Dorfkirche Brunow

Die in ihrer ursprünglichen Form erhaltene Fachwerkkirche wurde 1625 erbaut, im 18. Jahrhundert erhielt sie neue Fenster (um 1750) und nach weiteren 75 Jahren einen freistehenden zweigeschossigen Fachwerkturm.
Das Geläut im Turm besteht aus zwei Stahlgussglocken von 1919.
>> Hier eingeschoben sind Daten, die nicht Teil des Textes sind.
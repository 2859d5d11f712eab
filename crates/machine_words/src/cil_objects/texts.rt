//! Strings, by their UTF-16 units.

ghost use Rattle.std.specs.Prelude.{◌≡◌, slice_get, find, IfOk};
ghost use Rattle.std.specs.Option.{option_copied, option_and_then};
ghost use Rattle.rules.specs.step_rules.Objects.{units_in, units_of, bytes_of_units, made_text, holds_text, interned};
ghost use Rattle.machine_words.specs.cil_objects.Made.{GoesOn, new_text};

use il_base::cil_values::{Heap, Obj, State, Value};
use il_base::{NoMemory, Seq, Text, Units};
use std::alloc::Global;

/// The most units that a string has.
const TEXT_LIMIT: usize = 16_777_216;

/// The units of a string. None for another object.
fn units_in(o: &Obj) -> Option<&Units>
    ensures { option_copied result ≡ units_in o.now }
{
    match o {
        Obj::Str(units) => Some(units),
        Obj::Instance { .. } => None,
        Obj::Boxed { .. } => None,
        Obj::Array { .. } => None,
        Obj::TypeOf(_) => None,
        Obj::Member(_, _) => None,
    }
}

fn units_at(heap: &Heap, at: u32) -> Option<&Units>
    ensures { option_copied result ≡ option_and_then units_in (slice_get heap.now at) }
{
    match heap.get(at) {
        Some(o) => units_in(o),
        None => None,
    }
}

/// The units of the string that a value names. None for null and for what is no string.
pub fn units_of<'a>(st: &'a State, v: &Value) -> Option<&'a Units>
    ensures { option_copied result ≡ units_of st.now v.now }
{
    match v {
        Value::Object(at) => units_at(&st.heap, *at),
        Value::Null => None,
        Value::I4(_) => None,
        Value::I8(_) => None,
        Value::Native(_) => None,
        Value::Pointer(_) => None,
        Value::Struct(_, _) => None,
        Value::Handle(_) => None,
        Value::FieldHandle(_) => None,
    }
}

/// What a text is when it is printed: UTF-8, with U+FFFD for a surrogate that is in no pair.
#[tactic(auto, unfolding(rules::specs::step_rules::Objects::bytes_of_units))]
pub fn bytes_of_units(alloc: Global, units: &[u16]) -> Result<Text, NoMemory>
    ensures { IfOk result (λ bytes. bytes ≡ bytes_of_units units.now) }
{
    let text = String::from_utf16_lossy(alloc, units)?;
    Ok(Seq::from_vec(text.into_bytes()))
}

/// Makes a new string, and gives its number. None where the text is too long: the run is stopped.
pub fn made_text(alloc: Global, st: &mut State, units: Units) -> Result<Option<u32>, NoMemory>
    ensures { IfOk result (λ at. GoesOn (made_text units st.old) st.old at st.new) }
{
    if units.len() > TEXT_LIMIT {
        return Ok(None);
    }
    let at = st.heap.add(Obj::Str(units))?;
    Ok(Some(at))
}

fn holds_text(heap: &Heap, at: u32, units: &Units) -> bool
    ensures { result ≡ holds_text units.now (slice_get heap.now at) }
{
    match units_at(heap, at) {
        Some(others) => others.as_slice() == units.as_slice(),
        None => false,
    }
}

/// The object that `ldstr` gave for a text.
fn text_object(heap: &Heap, texts: &Seq<u32>, units: &Units) -> Option<u32>
    ensures { result ≡ find (λ at. holds_text units.now (slice_get heap.now at)) texts.now }
{
    for at in texts.as_slice() {
        if holds_text(heap, *at, units) {
            return Some(*at);
        }
    }
    None
}

/// A new string that `ldstr` gives from now on. None where the text is too long.
fn new_text(alloc: Global, st: &mut State, units: &Units) -> Result<Option<u32>, NoMemory>
    ensures { IfOk result (λ at. GoesOn (new_text units.now st.old) st.old at st.new) }
{
    let copy = Seq::from_slice(alloc, units.as_slice())?;
    let Some(at) = made_text(alloc, st, copy)? else {
        return Ok(None);
    };
    st.texts.push(at)?;
    Ok(Some(at))
}

/// The one object of a text (III.4.16), which is made now where it wasn't there. None where the text is too long: the run is
/// stopped.
pub fn interned(alloc: Global, st: &mut State, units: &Units) -> Result<Option<u32>, NoMemory>
    ensures { IfOk result (λ at. GoesOn (interned units.now st.old) st.old at st.new) }
{
    match text_object(&st.heap, &st.texts, units) {
        Some(at) => Ok(Some(at)),
        None => {
            let made = new_text(alloc, st, units)?;
            Ok(made)
        }
    }
}
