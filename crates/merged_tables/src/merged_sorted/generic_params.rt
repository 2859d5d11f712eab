//! The GenericParam rows of the output (II.22.20).

ghost use Rattle.std.specs.Prelude.{◌≡◌, ◌++◌, IfOk, OnOk};
ghost use Rattle.merged_tables.specs.merged_sorted.Owned.{generic_param_of, generic_params_by};

use il_base::world_model::{AsmRec, GenericParamRow};
use il_base::{NoMemory, Seq};
use merge_plan::kept_tables::order::SortedRow;
use std::alloc::Global;
use type_tables::member_search::linked::assembly_at;

/// Puts the row of the output at the end that is made of a row.
fn push_generic_param(
    alloc: Global,
    recs: &[AsmRec],
    place: SortedRow,
    rows: &mut Seq<GenericParamRow>,
) -> Result<(), NoMemory>
    ensures { OnOk result (rows.new ≡ rows.old ++ generic_param_of recs.now place) }
{
    let Some(rec) = assembly_at(recs, place.at.asm) else {
        return Ok(());
    };
    let Some(row) = rec.generic_param.get(place.at.row as usize) else {
        return Ok(());
    };
    let name = Seq::from_slice(alloc, row.name.as_slice())?;
    rows.push(GenericParamRow {
        number: row.number,
        flags: row.flags,
        owner: place.owner,
        name,
    })?;
    Ok(())
}

/// The rows of the output that are made of some rows. `places` has the rows with the new tokens of their owners.
pub fn generic_params(
    alloc: Global,
    recs: &[AsmRec],
    places: &[SortedRow],
) -> Result<Seq<GenericParamRow>, NoMemory>
    ensures { IfOk result (λ rows. rows ≡ generic_params_by recs.now places.now) }
{
    let mut rows = Seq::new(alloc);
    for place in places {
        push_generic_param(alloc, recs, *place, &mut rows)?;
    }
    Ok(rows)
}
Die Kirche kann über ein Nordportal betreten werden, über das Westportal gelangt man in den Turm. Die Ostwand ist fensterlos.
Der Innenraum ist flachgedeckt. Die zumeist hölzerne Ausstattung ist schlicht.
Der Altaraufsatz wurde 1911 vom Grabower Tischler Müller und dem Brunower Pastor Wilhelmi geschaffen.
Kanzel und Gestühl sind größtenteils aus dem Jahr 1625 erhalten und äußerst sehenswert. Der Kanzelkorb wird von einer Frauengestalt getragen, wertvolle Intarsienarbeiten an der Brüstung wurden während der Amtszeit Wilhelmi's freigelegt. Die Wangen des Bankgestühls sind mit geschnitzten Tierbildern versehen.
Das Altarbild malte 1841 R.F.K. Suhrlandt. Es zeigt den "Betenden Jesus im Garten Gethsemane" und ist ein Geschenk des Großherzogs an die Brunower Kirche. Das Bild hängt derzeit an der Südwand. An der Nordwand hängen Gedenktafeln für die Gefallenen der beiden Weltkriege. An der Ostwand sind Figuren eines Schnitzaltares zu finden. Die gusseiserne Taufe hat eine silberne Taufschale. An der nördlichen Seite der Westwand steht eine Empore, daneben auf einem Podest die Lütkemüller-Orgel aus dem Jahr 1871. Unter der Empore sind Tafeln mit den Namen der in Brunow wirkenden Pastoren aufgehängt.
Der Kirchhof wird von einer Feldsteintrockenmauer begrenzt.
Außerhalb des Kirchhofes steht im Norden das Kriegerdenkmal.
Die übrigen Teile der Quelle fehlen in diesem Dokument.